Regardless, by the time I face forward, I have no idea why I was irritated in the first place, only that I’m annoyed with myself for the point-two seconds I considered coming up with another reason to make him laugh again.

I’m an idiot.

He’s an asshole, we hate each other, and fucking him a few times doesn’t change our fucked-up history. This may be some weird truce for tonight, but we will never be friends. Never be more than friends.

“Just… teach me how to swim, dickhead,” I mumble, forcing myself to focus on the water. It makes my heart jump, but right now, I prefer it over the way Dread makes me feel.

I don’t know when it happened, but as far as my greatest fears, my feelings for Dread are now the scariest.

He maneuvers out from behind me and descends into the water, bending his knees until it reaches his shoulders.

My throat tightens when he grabs my hands and gently pulls me forward.

Instinctively, I resist, my muscles straining against him.

He easily overpowers me, tugging me off the steps into the shallow water.

An embarrassing squeak leaves my throat as the water climbs up to my neck.
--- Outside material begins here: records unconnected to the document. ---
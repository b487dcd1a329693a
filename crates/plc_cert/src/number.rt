// Whole numbers and pairs, of which all else is made. A number is whole where JSON writes it without
// a fraction, an exponent or a sign: `1.0` is none.
ghost use Rattle.std.specs.Prelude.{◌≡◌, ◌<◌, option_map, IfSome};
ghost use Rattle.serde_json.specs.View.{view};
ghost use Rattle.plc_cert.specs.Shape.{whole_below, index_of, pair_of};

use serde_json::Value;

/// A whole number below the bound.
pub(crate) fn whole_below(value: &Value, bound: u64) -> Option<u64>
    ensures value { result ≡ whole_below bound (view value.now) }
    ensures below { IfSome result (λ n. n < bound) }
{
    match value.as_u64() {
        Some(n) => if n < bound { Some(n) } else { None },
        None => None,
    }
}

/// A number that names a clause or a term.
pub(crate) fn index(value: &Value) -> Option<u32>
    ensures { result ≡ index_of (view value.now) }
{
    match value.as_u64() {
        Some(n) => if n < 1 << 32 { Some(n as u32) } else { None },
        None => None,
    }
}

/// The two items of an array.
pub(crate) fn pair(value: &Value) -> Option<(&Value, &Value)>
    ensures { option_map (λ p. (view p.0.now, view p.1.now)) result ≡ pair_of (view value.now) }
{
    let items = value.as_array()?;
    if items.len() != 2 {
        return None;
    }
    Some((&items[0], &items[1]))
}
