//! The names of metrics and of labels.
ghost use Rattle.std.specs.List.{list_all};
ghost use Rattle.std.specs.Prelude.{◌≡◌, IfOk, true};
ghost use Rattle.metrics_text.specs.Names.{begins_label, begins_metric, continues_label, continues_metric, is_figure, is_label_name, is_metric_name};

use exact_ratio::Words;
use std::alloc::{AllocError, Global};

/// The name of a metric: a letter of ASCII, `_` or `:`, and then such and figures.
#[derive(Drop)]
pub struct MetricName {
    pub text: Words,
    pub ghost is_name: { is_metric_name text ≡ true },
}

/// The name of a label: a letter of ASCII or `_`, and then such and figures.
#[derive(Drop)]
pub struct LabelName {
    pub text: Words,
    pub ghost is_name: { is_label_name text ≡ true },
}

fn begins_label(byte: u8) -> bool
    ensures { result ≡ begins_label byte }
{
    byte.is_ascii_alphabetic() || byte == b'_'
}

fn begins_metric(byte: u8) -> bool
    ensures { result ≡ begins_metric byte }
{
    begins_label(byte) || byte == b':'
}

fn is_figure(byte: u8) -> bool
    ensures { result ≡ is_figure byte }
{
    byte.is_ascii_digit()
}

fn continues_label(byte: u8) -> bool
    ensures { result ≡ continues_label byte }
{
    begins_label(byte) || is_figure(byte)
}

fn continues_metric(byte: u8) -> bool
    ensures { result ≡ continues_metric byte }
{
    begins_metric(byte) || is_figure(byte)
}

fn continue_label(text: &[u8]) -> bool
    ensures { result ≡ list_all continues_label text.now }
{
    text.iter().all(|byte| continues_label(*byte))
}

fn continue_metric(text: &[u8]) -> bool
    ensures { result ≡ list_all continues_metric text.now }
{
    text.iter().all(|byte| continues_metric(*byte))
}

/// Whether a text is the name of a metric, `[a-zA-Z_:][a-zA-Z0-9_:]*` (Prometheus, "Data model").
pub fn is_metric_name(text: &[u8]) -> bool
    ensures { result ≡ is_metric_name text.now }
{
    match text {
        [] => false,
        [first, others @ ..] => begins_metric(*first) && continue_metric(others),
    }
}

/// Whether a text is the name of a label, `[a-zA-Z_][a-zA-Z0-9_]*` (Prometheus, "Data model").
pub fn is_label_name(text: &[u8]) -> bool
    ensures { result ≡ is_label_name text.now }
{
    match text {
        [] => false,
        [first, others @ ..] => begins_label(*first) && continue_label(others),
    }
}

impl MetricName {
    /// The name of a metric that a text is (`is_metric_name`). `AllocError` where memory runs out.
    pub fn new(alloc: Global, text: &[u8]) -> Result<MetricName, AllocError>
        requires name { is_metric_name text.now ≡ true }
        ensures { IfOk result (λ name. name.text ≡ text.now) }
    {
        Ok(MetricName {
            text: Words::new(alloc, text)?,
        })
    }
}

impl LabelName {
    /// The name of a label that a text is (`is_label_name`). `AllocError` where memory runs out.
    pub fn new(alloc: Global, text: &[u8]) -> Result<LabelName, AllocError>
        requires name { is_label_name text.now ≡ true }
        ensures { IfOk result (λ name. name.text ≡ text.now) }
    {
        Ok(LabelName {
            text: Words::new(alloc, text)?,
        })
    }
}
My legs flail, and my eyes blow wide, already convinced I’m on the verge of drowning.

“Easy, baby,” he soothes. “You’re only in four feet of water. If it gets to be too much, stand up.”

I stand instantly and try to breathe, resisting the urge to claw at my throat.
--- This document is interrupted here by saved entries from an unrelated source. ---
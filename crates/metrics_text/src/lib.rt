//! Prometheus' text of what is measured: families of counts and of seconds (Prometheus, "Exposition formats", text format 0.0.4).
//!
//! Promises: `write_metrics` gives `metrics_of` (`specs/Exposition.antt`), byte for byte: of each family its help text, its kind and its
//! samples, a line each, escapes included. `MetricName` and `LabelName` hold names of the format alone. `laws_of_metrics`: no line
//! has a line feed in it, whatever help texts and labels say; the text of families is that of each in turn; who reads a label's value by
//! the format finds it again, and what stands behind it (`specs/Reading.antt`).
//! Stands on exact_ratio for its texts. Nothing uses it yet.
#![tactic(auto)]

mod escapes;
mod exposition;
mod family;
mod labels;
mod laws;
mod lines;
mod names;
mod numbers;

pub use exposition::write_metrics;
pub use family::{Family, Label, MetricKind, Number, Sample, SamplePart};
pub use laws::laws_of_metrics;
pub use names::{LabelName, MetricName, is_label_name, is_metric_name};
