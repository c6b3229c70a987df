//! Escapes in help texts and in labels' values.
ghost use Rattle.std.specs.List.{flat_map};
ghost use Rattle.std.specs.Prelude.{◌≡◌, ◌++◌, OnOk};
ghost use Rattle.metrics_text.specs.Exposition.{help_byte, value_byte};

use std::alloc::AllocError;

fn push_help_byte(text: &mut Vec<u8>, byte: u8) -> Result<(), AllocError>
    ensures { OnOk result (text.new.items ≡ text.old.items ++ help_byte byte) }
{
    match byte {
        b'\\' => text.extend_from_slice(b"\\\\"),
        b'\n' => text.extend_from_slice(b"\\n"),
        _ => text.extend_from_slice(&[byte]),
    }
}

fn push_value_byte(text: &mut Vec<u8>, byte: u8) -> Result<(), AllocError>
    ensures { OnOk result (text.new.items ≡ text.old.items ++ value_byte byte) }
{
    match byte {
        b'"' => text.extend_from_slice(b"\\\""),
        _ => push_help_byte(text, byte),
    }
}

/// Appends a help text, escaped. `AllocError` where memory runs out.
pub(crate) fn push_help(text: &mut Vec<u8>, help: &[u8]) -> Result<(), AllocError>
    ensures { OnOk result (text.new.items ≡ text.old.items ++ flat_map help_byte help.now) }
{
    for byte in help {
        push_help_byte(text, *byte)?;
    }
    Ok(())
}

/// Appends the value of a label, escaped. `AllocError` where memory runs out.
pub(crate) fn push_value(text: &mut Vec<u8>, value: &[u8]) -> Result<(), AllocError>
    ensures { OnOk result (text.new.items ≡ text.old.items ++ flat_map value_byte value.now) }
{
    for byte in value {
        push_value_byte(text, *byte)?;
    }
    Ok(())
}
It feels as if a snake has circled around it, slowly squeezing until only a sliver of oxygen slips through.

My chest pumps, and while a distant part of me is aware of how ridiculous I’m being, I’m unable to do anything but fucking panic.
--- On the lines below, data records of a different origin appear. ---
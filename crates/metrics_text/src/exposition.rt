//! The text of families.
ghost use Rattle.std.specs.List.{flat_map};
ghost use Rattle.std.specs.Prelude.{◌≡◌, ◌++◌, IfOk, OnOk};
ghost use Rattle.metrics_text.specs.Exposition.{ended, lines_of, metrics_of};

use crate::family::Family;
use crate::lines::push_lines;
use std::alloc::{AllocError, Global};

fn push_families(text: &mut Vec<u8>, families: &[Family]) -> Result<(), AllocError>
    ensures { OnOk result (text.new.items ≡ text.old.items ++ flat_map (λ f. flat_map ended (lines_of f)) families.now) }
{
    for family in families {
        push_lines(text, family)?;
    }
    Ok(())
}

/// The text of families in their order, as Prometheus reads it (`text/plain; version=0.0.4`). A name belongs to one family alone, or its
/// samples aren't in one group. `AllocError` where memory runs out.
pub fn write_metrics(alloc: Global, families: &[Family]) -> Result<Vec<u8>, AllocError>
    ensures metrics { IfOk result (λ text. text.items ≡ metrics_of families.now) }
{
    let mut text = Vec::new(alloc);
    push_families(&mut text, families)?;
    Ok(text)
}
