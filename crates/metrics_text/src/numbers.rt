//! The numbers of samples as texts.
ghost use Rattle.std.specs.Prelude.{◌≡◌, ◌++◌, ◌∷◌, ◌+◌, ◌%◌, [], OnOk, codes, decimal};
ghost use Rattle.metrics_text.specs.Exposition.{last_digits, number_text};

use crate::family::Number;
use itoa::Buffer;
use std::alloc::AllocError;

/// Appends a number in decimal digits.
fn push_decimal(text: &mut Vec<u8>, number: u64) -> Result<(), AllocError>
    ensures { OnOk result (text.new.items ≡ text.old.items ++ decimal number) }
{
    let mut buffer = Buffer::new();
    text.extend_from_slice(buffer.format(number).as_bytes())
}

/// Appends the last decimal digit of a number.
fn push_last_digit(text: &mut Vec<u8>, number: u64) -> Result<(), AllocError>
    ensures { OnOk result (text.new.items ≡ text.old.items ++ (48 + number % 10) ∷ []) }
{
    text.extend_from_slice(&[b'0' + (number % 10) as u8])
}

/// Appends the last so many decimal digits of a number.
#[tactic(auto, unfolding(crate::specs::Exposition::last_digits))]
fn push_last_digits(text: &mut Vec<u8>, count: u8, number: u64) -> Result<(), AllocError>
    ensures { OnOk result (text.new.items ≡ text.old.items ++ last_digits count number) }
{
    if count == 0 {
        return Ok(());
    }
    push_last_digits(text, count - 1, number / 10)?;
    push_last_digit(text, number)?;
    Ok(())
}

/// Appends the number of a sample. `AllocError` where memory runs out.
pub(crate) fn push_number(text: &mut Vec<u8>, number: Number) -> Result<(), AllocError>
    ensures { OnOk result (text.new.items ≡ text.old.items ++ number_text number) }
{
    match number {
        Number::Whole(count) => push_decimal(text, count),
        Number::Micros(micros) => push_seconds(text, micros / 1_000_000, 6, micros),
        Number::Nanos(nanos) => push_seconds(text, nanos / 1_000_000_000, 9, nanos),
    }
}

/// Appends whole seconds, and so many decimal places behind them: the last digits of the parts of a second.
fn push_seconds(text: &mut Vec<u8>, seconds: u64, places: u8, parts: u64) -> Result<(), AllocError>
    ensures { OnOk result (text.new.items ≡ text.old.items ++ decimal seconds ++ codes "." ++ last_digits places parts) }
{
    push_decimal(text, seconds)?;
    text.extend_from_slice(b".")?;
    push_last_digits(text, places, parts)
}
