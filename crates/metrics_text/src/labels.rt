//! The labels of a sample as a text.
ghost use Rattle.std.specs.List.{flat_map};
ghost use Rattle.std.specs.Prelude.{◌≡◌, ◌++◌, OnOk, codes};
ghost use Rattle.metrics_text.specs.Exposition.{label_text, labels_text};

use crate::escapes::push_value;
use crate::family::Label;
use std::alloc::AllocError;

fn push_label(text: &mut Vec<u8>, label: &Label) -> Result<(), AllocError>
    ensures { OnOk result (text.new.items ≡ text.old.items ++ label_text label.now) }
{
    text.extend_from_slice(label.name.text.bytes())?;
    text.extend_from_slice(b"=\"")?;
    push_value(text, label.value.bytes())?;
    text.extend_from_slice(b"\"")
}

/// Appends labels with a comma before each.
fn push_others(text: &mut Vec<u8>, labels: &[Label]) -> Result<(), AllocError>
    ensures { OnOk result (text.new.items ≡ text.old.items ++ flat_map (λ k. codes "," ++ label_text k) labels.now) }
{
    for label in labels {
        text.extend_from_slice(b",")?;
        push_label(text, label)?;
    }
    Ok(())
}

/// Appends the labels of a sample in their braces, or nothing where there are none. `AllocError` where memory runs out.
pub(crate) fn push_labels(text: &mut Vec<u8>, labels: &[Label]) -> Result<(), AllocError>
    ensures { OnOk result (text.new.items ≡ text.old.items ++ labels_text labels.now) }
{
    match labels {
        [] => Ok(()),
        [first, others @ ..] => {
            text.extend_from_slice(b"{")?;
            push_label(text, first)?;
            push_others(text, others)?;
            text.extend_from_slice(b"}")
        }
    }
}
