//! The lines of a family, each with a line feed at its end.
ghost use Rattle.std.specs.List.{flat_map};
ghost use Rattle.std.specs.Prelude.{◌≡◌, ◌++◌, OnOk};
ghost use Rattle.metrics_text.specs.Exposition.{ended, help_line, kind_text, lines_of, part_text, sample_line, type_line};

use crate::escapes::push_help;
use crate::family::{Family, MetricKind, Sample, SamplePart};
use crate::labels::push_labels;
use crate::numbers::push_number;
use std::alloc::AllocError;

/// The word of a kind.
fn kind_text(kind: MetricKind) -> &'static [u8]
    ensures { result.now ≡ kind_text kind }
{
    match kind {
        MetricKind::Counter => b"counter",
        MetricKind::Gauge => b"gauge",
        MetricKind::Histogram => b"histogram",
    }
}

/// What stands behind the family's name in that of a sample.
fn part_text(part: SamplePart) -> &'static [u8]
    ensures { result.now ≡ part_text part }
{
    match part {
        SamplePart::Itself => b"",
        SamplePart::Bucket => b"_bucket",
        SamplePart::Sum => b"_sum",
        SamplePart::Count => b"_count",
    }
}

#[tactic(auto, unfolding(crate::specs::Exposition::help_line))]
fn push_help_line(text: &mut Vec<u8>, family: &Family) -> Result<(), AllocError>
    ensures { OnOk result (text.new.items ≡ text.old.items ++ ended (help_line family.now)) }
{
    text.extend_from_slice(b"# HELP ")?;
    text.extend_from_slice(family.name.text.bytes())?;
    text.extend_from_slice(b" ")?;
    push_help(text, family.help.bytes())?;
    text.extend_from_slice(b"\n")
}

#[tactic(auto, unfolding(crate::specs::Exposition::type_line))]
fn push_type_line(text: &mut Vec<u8>, family: &Family) -> Result<(), AllocError>
    ensures { OnOk result (text.new.items ≡ text.old.items ++ ended (type_line family.now)) }
{
    text.extend_from_slice(b"# TYPE ")?;
    text.extend_from_slice(family.name.text.bytes())?;
    text.extend_from_slice(b" ")?;
    text.extend_from_slice(kind_text(family.kind))?;
    text.extend_from_slice(b"\n")
}

#[tactic(auto, unfolding(crate::specs::Exposition::sample_line))]
fn push_sample_line(text: &mut Vec<u8>, name: &[u8], sample: &Sample) -> Result<(), AllocError>
    ensures { OnOk result (text.new.items ≡ text.old.items ++ ended (sample_line name.now sample.now)) }
{
    text.extend_from_slice(name)?;
    text.extend_from_slice(part_text(sample.part))?;
    push_labels(text, sample.labels.as_slice())?;
    text.extend_from_slice(b" ")?;
    push_number(text, sample.number)?;
    text.extend_from_slice(b"\n")
}

fn push_sample_lines(text: &mut Vec<u8>, name: &[u8], samples: &[Sample]) -> Result<(), AllocError>
    ensures { OnOk result (text.new.items ≡ text.old.items ++ flat_map (λ s. ended (sample_line name.now s)) samples.now) }
{
    for sample in samples {
        push_sample_line(text, name, sample)?;
    }
    Ok(())
}

/// Appends the lines of a family. `AllocError` where memory runs out.
#[tactic(auto, using(crate::proofs::Joined::family_text))]
pub(crate) fn push_lines(text: &mut Vec<u8>, family: &Family) -> Result<(), AllocError>
    ensures { OnOk result (text.new.items ≡ text.old.items ++ flat_map ended (lines_of family.now)) }
{
    push_help_line(text, family)?;
    push_type_line(text, family)?;
    push_sample_lines(text, family.name.text.bytes(), family.samples.as_slice())
}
Dread quickly wades toward me and stands, towering over me by too many inches to be reasonable. His palms slide along either side of my face before lifting my jaw up to him. I wheeze, his features blurred and vague.

“Focus on me, Rev, and take deep breaths. You’re not drowning.”

But I am.

I’ve been drowning my entire fucking life.

I blink, and a tear slips free. I hadn’t even noticed them welling in my eyes.

He’s quick to swipe it away with his thumb, but a few more replace it. He catches those, too, tilting my face up higher.

“Do you remember two years ago what you did with all of my swimsuits?”

My brows knit as I try to recall that memory. It takes several seconds before I can get my brain functioning properly again, but after a moment, I remember exactly the incident he’s referring to.

“You hung up pictures of my dad’s mugshot all over campus,” I croak out. “I couldn’t go anywhere without seeing his face. It sent me into a panic attack.”

For once, he doesn’t look proud to hear that, but I’m too distracted to dwell on it.

“And what did you do to get back at me?”

My voice is shaky and breathless as I say, “I… I offered Matt a hundred bucks to sneak me into your dorm while you were at a meet. I had to pick the lock. I found all your suits and cut holes right over the crotch.”

That was actually how Matt and I met. As sophomores, we lived in different buildings with smaller rooms, Matt only three doors down from Dread.

I was lingering outside the building’s entrance, and Matt happened to be the first guy I saw.

He was wary of helping me at first, but I eventually convinced him in exchange for money.

Except, by the time I broke into Dread’s room, cut up his suits, and came back out, he gave the money back and asked for a date instead.

Apparently, he liked that I had the nerve to do something like that, and I thought he was really cute, so I accepted. It was the first time a guy looked at me with kindness in so long.

But that didn't last forever, of course.

Eventually, his kindness faded to contempt and exhaustion from my constant war with Dread, and I couldn't even blame him.

Dread barely stifles a sneer at the mention of Matt's name. It would appear Dread still hates him, though I don't really understand why. We haven't spoken since we broke up.